Couples need to be able to have a balance of separateness and togetherness, she added.
2. Be aware of the expectations you’re bringing into the marriage.
You probably want a lot from just one person: A companion, a passionate lover, good parent and more, so issues can come up after Higgins presents couples with “an expectation inventory.” Here are some sample statements — would you and your future spouse agree?
- My partner will meet all of my needs for companionship.
- I don’t believe romance should fade over time.
- I don’t believe that my partner’s interest in sex should be different than mine.
3. You won’t always feel “in love.”
“You could be with the most perfect partner in the world for you and you’re going to go through seasons where you feel like you’re not aligned and you’re not in love,” Higgins said. “That’s where it’s really important to be grounded in the values that you identify as a couple, versus trying to follow the feelings that you think you’re supposed to be having.”
4. Your partner’s family relationships are key.
How did you partner get along with his family? Were they close or distant? Was there conflict? That information is very significant, Higgins noted.
“Many of the themes in our family of origin repeat or resurface in marriage,” she said. “When couples are able to talk about that stuff without judgment, are able to listen and tune into their partner’s experience, it’s so huge. It creates a deep level of trust.”

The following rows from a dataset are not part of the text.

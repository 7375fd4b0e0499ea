// Sectors that follow one another in a turn of a track, with their LBNs.
ghost use Rattle.std.specs.Prelude.{◌≡◌, ◌↔◌, ◌+◌, ◌-◌, ◌*◌, ◌%◌, ◌<◌, ◌≤◌, length, true};
ghost use Rattle.fb_geometry.specs.Shape.{slots_at, IsTrackOf};
ghost use Rattle.fb_geometry.specs.Places.{places};
ghost use Rattle.fb_sectormap.specs.LookUp.{place_at};
ghost use Rattle.fb_sectormap.specs.Runs.{IsSpan};

use crate::SectorMap;
use fb_geometry::Stretch;
use fb_units::Place;

/// Sectors in neighbouring slots of one turn of a track, looked up once for the blocks that are cut
/// from them.
#[derive(Clone, Copy)]
pub struct Span {
    /// The LBN of the first sector.
    pub first: u64,
    /// The place of the first sector, and how many sectors there are.
    pub stretch: Stretch,
}

impl Span {
    /// Whether it has this sector.
    pub fn has(&self, lbn: u64) -> bool
        ensures { (result ≡ true) ↔ ((self.now.first ≤ lbn) × (lbn < self.now.first + self.now.stretch.count)) }
    {
        self.first <= lbn && lbn - self.first < self.stretch.count as u64
    }
}

// The number modulo n, for a number less than twice n.
fn wrapped(number: u32, n: u32) -> u32
    requires { number < 2 * n }
    ensures { result ≡ number % n }
{
    if number < n { number } else { number - n }
}

impl SectorMap {
    /// The sectors in neighbouring slots from this one on.
    pub fn span(&self, lbn: u64) -> Span
        requires { lbn < length (places self.now) }
        ensures span { IsSpan self.now result }
        ensures first { result.first ≡ lbn }
    {
        Span {
            first: lbn,
            stretch: self.stretch(lbn),
        }
    }

    // The place of a sector: by the span, if that has the sector.
    pub(crate) fn place_near(&self, span: &Span, lbn: u64) -> Place
        requires span { IsSpan self.now span.now }
        requires on_disk { lbn < length (places self.now) }
        ensures value { result ≡ place_at self.now lbn }
        ensures track { IsTrackOf self.now result.track }
        ensures slot { result.slot < slots_at self.now.zones result.track.cylinder }
    {
        if !span.has(lbn) {
            return self.place(lbn);
        }
        let place = span.stretch.place;
        let slots = self.geometry().slots(place.track);
        Place {
            track: place.track,
            slot: wrapped(place.slot + (lbn - span.first) as u32, slots),
        }
    }
}
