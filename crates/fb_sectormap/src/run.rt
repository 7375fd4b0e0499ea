use fb_geometry::Cylinder;

/// All sectors of a cylinder, looked up once for the places of many of them.
#[derive(Clone, Copy)]
pub struct CylinderRun {
    /// The cylinder.
    pub on: Cylinder,
    /// The LBN of its first sector.
    pub first: u64,
    /// The LBN behind that of its last sector.
    pub end: u64,
}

5. Know your partner’s finances.
Higgins believes you should both disclose your entire financial situations. From there, start to decide: What’s the best way to manage the finances? Many young couples today have one joint account, plus their own separate accounts.
“That’s fine, if that’s what works. But you want to talk about it to make sure that’s not because you are feeling controlled or you’re bringing in insecurities,” Higgins said. “Finances are where the mistrust and issues can surface. It’s one of the top reasons people divorce.”
Money can be such a touchy topic that for some couples, talking about it can be more uncomfortable than discussing sex, she noted.
6. Conflict is inevitable — recognize your role in resolving it.
When you’re in the honeymoon phase, it’s hard to imagine there will be arguments or that your spouse has annoying traits and habits, but all of that awaits. How will you deal?